Solved – Bootstrapping in SEM when the original sample size is small

bootstrapstructural-equation-modeling

I'm running a SEM in which I have several very positively skewed endogenous variables. Unfortunately, even when I log transform these variables they are still quite non-normal. Kline (2011) p64 writes that "Some distributions can be so severely non-normal that basically no transformation will work", and so I gave up trying to transform them more.

Kline (2011) provides another option on p177-178:

[An] option for analyzing continuous but severely non-normal
endogenous variables is to use a normal theory method (i.e., ML
estimation) but with nonparametric bootstrapping, which assumes only
that the population and sample distributions have the same shape. In a
bootstrap approach, parameters, standard errors, and model test
statistics are estimated with empirical sampling distributions from
large numbers of generated samples. Results of a computer simulation
study by Nevitt and Hancock (2001) indicate that bootstrap estimates
for a measurement model were generally less biased compared with those
from standard ML estimation under conditions of non-normality and for
sample sizes of N ≥ 200. For N = 100, however, bootstrapped estimates
had relatively large standard errors, and many generated samples were
unusable due to problems such as nonpositive definite covariance
matrices. These problems are consistent with the caution by Yung and
Bentler (1996) that a small sample size will not typically render
accurate bootstrapped results.

In this answer @michael-chernick writes that

The theory of the bootstrap involves showing consistency of the
estimate. So it can be shown in theory that it works for large
samples. But it can also work in small samples. I have seen it work
for classification error rate estimation particularly well in small
sample sizes such as 20 for bivariate data.

Some questions:
1. Those two quotes seem at face value to be in conflict with each other, but I note that @michael-chernick was answering a question that did not involve SEM. Does SEM require a larger original sample size for successful bootstrapping? If so, why?
2. If Kline is right that bootstrapping will work poorly with a low N, what should I do if I have a low N? Say for the sake of argument I have a sample size of 100 and no way to collect more data. Should I go ahead with bootstrapping, and if so should I bootstrap using the transformed variable (remembering that the transformation didn't do a great job of resolving the non-normality) or the original variable?

Kline, R. B. (2011). Principles and practice of structural equation modeling. Guilford publications. Chicago

Yung, Y. F., & Bentler, P. M. (1996). Bootstrapping techniques in analysis of mean and covariance structures. Advanced structural equation modeling: Issues and techniques, 195-226.

Best Answer

Yes, SEM requires a larger size. The reason being that SEM is doing two things: First, it's trying to find a model, and then it finds the standard errors of that model.

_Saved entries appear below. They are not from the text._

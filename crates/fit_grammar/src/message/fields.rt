// The fields of a message.

use fit_base::{Arch, BaseType, FieldValue, number_of};
use std::marker::Model;

/// A field of a message: its number in the profile, and its values under its base type.
#[derive(Drop)]
pub struct Field<'m> {
    pub number: u8,
    pub value: FieldValue<'m>,
}

impl<'m> Field<'m> {
    ghost use Rattle.std.specs.Prelude.{◌≡◌, ◌≤◌, ◌<◌, ◌^◌, IfSome};
    ghost use Rattle.fit_base.specs.Base.{row_of};
    ghost use Rattle.fit_grammar.specs.Calls.LentField.{field_view};
    ghost use Rattle.fit_grammar.specs.Format.OneValue.{number_in, value_in};

    /// The value, if the field has this type, whose values have at most four bytes, and is one valid value.
    #[inline]
    pub fn value_as(&self, base: BaseType) -> Option<u32>
        requires { (row_of base).size ≤ 4 }
        ensures value { result ≡ value_in base (field_view self.now) }
        ensures fits { IfSome result (λ value. value < 256 ^ (row_of base).size) }
    {
        match self.number_as(base) {
            Some(number) if u64::from(number) != base.invalid() => Some(number),
            _ => None,
        }
    }

    /// The number of the value, valid or not, if the field has this type, whose values have at most four bytes, and is one value.
    #[inline]
    pub fn number_as(&self, base: BaseType) -> Option<u32>
        requires { (row_of base).size ≤ 4 }
        ensures number { result ≡ number_in base (field_view self.now) }
        ensures fits { IfSome result (λ number. number < 256 ^ (row_of base).size) }
    {
        if self.value.base() != base.code() {
            return None;
        }
        let bytes = self.value.raw();
        if bytes.len() != base.size() {
            return None;
        }
        Some(number_of(self.value.arch(), bytes) as u32)
    }
}

/// The fields of a message in order. The time of a compressed timestamp comes first.
#[derive(Drop)]
pub struct Fields<'m> {
    time: Option<&'m [u8]>,
    arch: Arch,
    // Three bytes for each field.
    fields: &'m [u8],
    content: &'m [u8],
}

impl<'m> Model for Fields<'m> {
    ghost use Rattle.std.specs.Prelude.{◌≡◌, ◌≤◌, List, ◌++◌, length, sum_by, option_map, IfSome};
    ghost use Rattle.fit_base.specs.Number.{low_first};
    ghost use Rattle.fit_grammar.specs.Format.Message.{MessageField, time_fields, fields_of};
    ghost use Rattle.fit_grammar.specs.Private.DefinitionBytes.{fields_in};

    ghost Value = { List MessageField };

    ghost view = { λ s. time_fields (option_map (λ bytes. low_first bytes.now) s.time)
        ++ fields_of s.arch (fields_in s.fields.now) s.content.now };

    ghost invariant = { λ s.
        (sum_by (λ field. field.size) (fields_in s.fields.now) ≤ length s.content.now)
        × IfSome s.time (λ bytes. length bytes.now ≡ 4) };
}

impl<'m> Fields<'m> {
    ghost use Rattle.std.specs.Prelude.{◌≡◌, ◌≢◌, ◌≤◌, ◌<◌, ◌^◌, ◌++◌, ◌∷◌, ℕ, List, length, sum_by, option_map, IfSome, IfNone};
    ghost use Rattle.fit_base.specs.Base.{row_of};
    ghost use Rattle.fit_base.specs.Number.{low_first};
    ghost use Rattle.fit_grammar.specs.Format.Message.{MessageField, time_fields, fields_of};
    ghost use Rattle.fit_grammar.specs.Calls.LentField.{field_with};
    ghost use Rattle.fit_grammar.specs.Private.DefinitionBytes.{fields_in};

    // The fields of this content, which begins with their bytes. A time of four bytes comes before them, if one is given.
    pub(crate) fn new(
        time: Option<&'m [u8]>,
        arch: Arch,
        fields: &'m [u8],
        content: &'m [u8],
    ) -> Self
        requires within { sum_by (λ field. field.size) (fields_in fields.now) ≤ length content.now }
        requires four { IfSome time (λ bytes. length bytes.now ≡ 4) }
        ensures { result ≡ time_fields (option_map (λ bytes. low_first bytes.now) time.entry)
            ++ fields_of arch (fields_in fields.now) content.now }
    {
        Fields {
            time,
            arch,
            fields,
            content,
        }
    }

    /// Takes the first field, if it has this number and this type, whose values have at most four bytes, and one value. `None` leaves all
    /// fields.
    #[inline]
    pub fn take_value(&mut self, number: u8, base: BaseType) -> Option<u32>
        requires { (row_of base).size ≤ 4 }
        ensures taken { IfSome result
            (λ value. self.old ≡ field_with number base value ∷ self.new) }
        ensures fits { IfSome result (λ value. value < 256 ^ (row_of base).size) }
        ensures left { IfNone result (self.new ≡ self.old) }
        ensures none { IfNone result ((value : ℕ) (others : List MessageField)
            → self.old ≢ field_with number base value ∷ others) }
    {
        if let Some(bytes) = self.time {
            if number != 253 || base != BaseType::Uint32 {
                return None;
            }
            self.time = None;
            return Some(number_of(Arch::Little, bytes) as u32);
        }
        let [first, size, code, others @ ..] = self.fields else {
            return None;
        };
        if *first != number || *code != base.code() || usize::from(*size) != base.size() {
            return None;
        }
        let (bytes, rest) = self.content.split_at(base.size());
        self.fields = others;
        self.content = rest;
        Some(number_of(self.arch, bytes) as u32)
    }
}

impl<'m> Iterator for Fields<'m> {
    ghost use Rattle.std.specs.Iterator.{item_count, YieldsFirstBy};
    ghost use Rattle.fit_grammar.specs.Calls.LentField.{field_view};

    type Item = Field<'m>;

    ghost next_gives = { YieldsFirstBy field_view (λ s. s) };

    ghost remaining = { item_count (λ s. s) };

    fn next(&mut self) -> Option<Field<'m>> {
        if let Some(bytes) = self.time.take() {
            return Some(Field {
                number: 253,
                value: FieldValue::new(0x86, Arch::Little, bytes),
            });
        }
        let [number, size, base, others @ ..] = self.fields else {
            return None;
        };
        let (bytes, rest) = self.content.split_at(*size as usize);
        self.fields = others;
        self.content = rest;
        Some(Field {
            number: *number,
            value: FieldValue::new(*base, self.arch, bytes),
        })
    }
}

There are two problems. The first is that you will have trouble estimating the model(s).

If you have problems with your standard errors (because, say, of non-normality) then bootstrapping might help you. But if you try to run a SEM model with a small sample size, you'll find that you don't get a sensible model to interpret - the model will frequently not converge, or converge with out of bounds estimates (variances < 0; correlations > 1 [perhaps MUCH greater than one - one sometimes sees correlations that are in the three digit range]).

So when you try to bootstrap a model with a small sample size you might find that 25% of the bootstrap samples are clearly wacky and should be discarded. And some proportion of the rest are also wacky, but you don't have a good way to decide which ones. If you did, you could go ahead and use the standard errors.

The second problem is that ML tends to be biased in small samples.